Tra le persone che conosco io il 10% dei problemi con win è definito dall'idiozia dell'utente.

Mia suocera cerca da 3 anni di far andare un cd per mac su win 95 e ogni volta che mi chiede di aiutarla io le dico che non è possibile (o perlomeno io non lo ritengo possibile) e lei continua inutilmente  :Rolling Eyes: 

----------

## CarloJekko

 *lavish wrote:*   

> Manca l'opzione "sì solo se è una bella gnocca  ".

 

Hai ragione... era da inserire  :Laughing: 

----------

## Lestaat

 *lavish wrote:*   

> Manca l'opzione "sì solo se è una bella gnocca  ".
> 
> Scherzi a parte, di solito aiuto i conoscenti con le applixazioni che conosco, firefox, thunderdird ecc... Ormai sanno chi sono e come la penso su certe cose, e certe domande me le risparmiano automaticamente 

 

idem

ormai sanno che le cose semplici se le DEVONO risolvere da soli.

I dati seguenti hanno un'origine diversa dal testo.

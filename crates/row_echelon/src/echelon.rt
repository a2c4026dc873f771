ghost use Rattle.std.specs.Prelude.{◌≡◌, [], ◌++◌, IfOk, OnErr};
ghost use Rattle.ibp_algebra.specs.FormalSum.{AllKeys, IsCanonical};
ghost use Rattle.sector_lattice.specs.Sectors.{integral_cmp};
ghost use Rattle.ibp_algebra.specs.Combination.{combination};
ghost use Rattle.ibp_algebra.specs.Spans.{IsReducedForm};
ghost use Rattle.sparse_rows.specs.Rows.{SameRow};
ghost use Rattle.row_echelon.specs.Echelons.{row_numbered, IsNumber, InKeptSpan, AreIndependent, IsBelow, Inserts, number_cmp};

use crate::elimination::append;
use crate::inserted::Inserted;
use crate::kept::Kept;
use crate::referring::references;
use crate::substitution::substitute;
use crate::table::Table;
use crate::ways::{leads_left, whole_left};
use ibp_base::{List, NoMemory};
use ibp_field::Residue;
use indexmap::IndexMap;
use sector_lattice::Integral;
use sparse_rows::Row;
use std::alloc::Global;
use std::marker::Model;

/// A reduced form, and its weights over the numbers of the kept rows.
#[derive(Drop)]
pub struct Reduced {
    pub rest: Row,
    pub weights: List<(u32, Residue)>,
}

/// Independent rows with numbers. Contracts see it as their list, in the order in which they were kept.
#[derive(Drop)]
pub struct Echelon {
    alloc: Global,
    kept: IndexMap<Integral, Kept>,
    table: Option<Table>,
}

impl Model for Echelon {
    ghost use Rattle.std.specs.Prelude.{List, [], ℕ, ℤ};

    ghost Value = { List (ℕ × List (List ℤ × ℕ)) };

    ghost use Rattle.row_echelon.specs.KeptRows.{originals, reduced_rows, IsEchelon};
    ghost use Rattle.row_echelon.specs.Tables.{AnyTable};

    ghost view = { λ s. originals [] s.kept.entries };

    ghost invariant = { λ s. IsEchelon s.kept.entries × AnyTable s.table (reduced_rows s.kept.entries) };
}

impl Echelon {
    /// No rows.
    pub fn empty(alloc: Global) -> Echelon
        ensures { result ≡ [] }
    {
        Echelon {
            alloc,
            kept: IndexMap::new(alloc),
            table: None,
        }
    }

    /// No rows, with a column for each integral of the rows that will be inserted. Any other row may come too,
    /// and only takes longer.
    pub fn over(alloc: Global, rows: &[Row]) -> Result<Echelon, NoMemory>
        ensures { IfOk result (λ echelon. echelon ≡ []) }
    {
        Echelon::over_each(alloc, &references(alloc, rows)?)
    }

    /// The same for rows that are only referred to.
    pub fn over_each(alloc: Global, rows: &[&Row]) -> Result<Echelon, NoMemory>
        ensures { IfOk result (λ echelon. echelon ≡ []) }
    {
        Ok(Echelon {
            alloc,
            kept: IndexMap::new(alloc),
            table: Table::over(alloc, rows)?,
        })
    }

    /// Keeps the row with this number, unless it is in the span of the kept rows.
    pub fn insert(&mut self, row: &Row, number: u32) -> Result<Inserted, NoMemory>
        requires { IsBelow self.old number }
        ensures ok { IfOk result (Inserts self.old self.new row.now number) }
        ensures err { OnErr result (self.new ≡ self.old) }
        ensures independent { AreIndependent self.new }
    {
        let table = self.table.take();
        let left = leads_left(self.alloc, &self.kept, table, row)?;
        match left.eliminated.rest.lead() {
            None => {
                self.table = left.table;
                Ok(Inserted::Dependent)
            }
            Some(first) => {
                let inverse = first.1.inverse().unwrap();
                let entry = Kept::of(self.alloc, number, &left.eliminated, inverse)?;
                append(&mut self.kept, first.0, entry)?;
                self.table = left.table;
                Ok(Inserted::Kept)
            }
        }
    }

    /// The reduced form of a row by the span of the kept rows. The row is this form plus the sum of the
    /// weights times the kept rows, lowest number first.
    pub fn reduce(&self, alloc: Global, row: &Row) -> Result<Reduced, NoMemory>
        ensures rest { IfOk result (λ reduced. IsReducedForm integral_cmp (InKeptSpan self.now) row.now reduced.rest) }
        ensures weights { IfOk result (λ reduced. SameRow row.now (reduced.rest ++ combination (row_numbered self.now) reduced.weights)) }
        ensures numbers { IfOk result (λ reduced. AllKeys (IsNumber self.now) reduced.weights) }
        ensures ascending { IfOk result (λ reduced. IsCanonical number_cmp reduced.weights) }
        ensures canonical { IfOk result (λ reduced. IsCanonical integral_cmp reduced.rest) }
        ensures independent { AreIndependent self.now }
    {
        let left = whole_left(alloc, &self.kept, &self.table, row)?;
        let weights = substitute(alloc, &self.kept, &left.steps)?;
        Ok(Reduced {
            rest: left.rest,
            weights: List::from_vec(weights),
        })
    }

    /// The reduced form of a row by the span of the kept rows alone.
    pub fn reduced_form(&self, alloc: Global, row: &Row) -> Result<Row, NoMemory>
        ensures form { IfOk result (λ form. IsReducedForm integral_cmp (InKeptSpan self.now) row.now form) }
        ensures canonical { IfOk result (λ form. IsCanonical integral_cmp form) }
    {
        Ok(whole_left(alloc, &self.kept, &self.table, row)?.rest)
    }
}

Solo con schermata blu mi chiamano praticamente o cmq dopo settimane di patimenti davanti al PC con milioni di tentativi e centinaia di siti visitati alla ricerca del problema.

E sanno anche che comunque mentre sto davanti al loro PC continuero imperterrito a rompergli le scatole con il software libero.

----------

## grentis

Io aiuto volentieri se ne sono in grado.

Cmq volevo dire che non e' che proponendo l'open-source i problemi non si avrebbero piu' o che sarebbe piu' semplice risolverli, anzi...probabilmente verreste chiamati ancora piu' spesso...perche' e' vero che ci sarebbero mano crash improvissi del sistema ma avresti cmq da "configurare la stampante usb", "configurare il modem adsl usb" (e non potete dire a tutti - cambia il modem con uno ethernet) cosa che in linux un utente "normale" non avrebbe poche difficolta' a farcela con le proprie forze.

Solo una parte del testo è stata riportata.